Due to improving levels of vehicle refinement and the growing importance of vehicle sound quality, transmission whine is an issue of increasing interest to vehicle manufacturers. This paper describes the development of a set of novel tools for the prediction of gear whine from spur and helical external gear systems.
Transmission whine is primarily generated by transmission error, which is a deviation of meshing gears from a perfectly conjugate (smooth) motion due to manufacturing tolerances, tooth corrections and elastic deflection due to transmitted torque.
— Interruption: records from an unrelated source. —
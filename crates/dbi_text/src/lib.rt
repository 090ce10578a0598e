#![tactic(auto)]

// The program `dbi` on slices: from the 237 bytes that `plate` reads to lines that people read, for any
// bytes. The text is `text_in` (specs/Dbi.antt): the line of the first refusal, or 360 lines, which are
// those of the plate that crate `shown` shows.
mod lines;

ghost use Rattle.std.specs.Prelude.{◌≡◌, ◌+◌, ◌≤◌, length, take};
ghost use Rattle.words.specs.Writing.{Put, Wrote};
ghost use Rattle.dbi_text.specs.Dbi.{dbi_text, text_in};

use lines::push_entries;
use shown::show;
use text::lines::push_refusal;
use words::page::{Page, put_page};

// The whole text.
#[tactic(auto, using(text::proofs::Laws::printed_refused, text::proofs::Laws::printed_accepted), unfolding(crate::specs::Dbi::dbi_text))]
fn put_text<const N: usize>(page: &mut Page<N>, input: &[u8])
    requires { length page.old + 12240 ≤ N }
    ensures { Put 12240 page.old (dbi_text input.now) page.new }
{
    match show(input) {
        Err(r) => push_refusal(page, r),
        Ok(row) => push_entries(page, &row),
    }
}

// Writes the program's output for this input from the buffer's start on, and returns its length; a
// buffer of under 12,288 bytes gets nothing.
#[tactic(auto, using(words::proofs::Writing::wrote_none), unfolding(crate::specs::Dbi::text_in))]
pub fn dbi(input: &[u8], text: &mut [u8]) -> usize
    ensures text { Wrote text.old 0 (text_in (length text.old) input.now) text.new result }
    // what a caller needs to lend the text on, as `&text[..r]`
    ensures within { (result ≤ length text.new) × (result ≡ length (take result text.new)) }
{
    if text.len() < 12288 {
        return 0;
    }
    let mut page: Page<12240> = Page::new();
    put_text(&mut page, input);
    put_page(&page, text)
}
The transmission error excites the geared shaft and bearing system leading to dynamic forces at the bearings, which in turn excite the transmission casing causing it to radiate noise.
The first stage in the simulation of gear whine is the analysis of tooth contact conditions based on the gear macro geometry (module, facewidth, addendum corrections, etc.) and micro geometry (profile and lead corrections) in order to calculate transmission error and mesh stiffness variations. The transmission error and mesh stiffness data are then used by newly developed software to excite a dynamic model of the geared shaft and bearing system and thus calculate the dynamic loading on the bearings. This new software calculates the system behaviour in the time domain in order to allow feedback of gear misalignment and centre displacement due to shaft deflections into the calculation of the excitation force. The significance of including these dynamic loading effects is demonstrated in this paper.
The calculated bearing loads are used to force a finite element or boundary element model of the transmission in order to predict the casing vibration and radiated noise. Noise and vibration measurements have been made of a modelled transmission to validate the results of the simulation.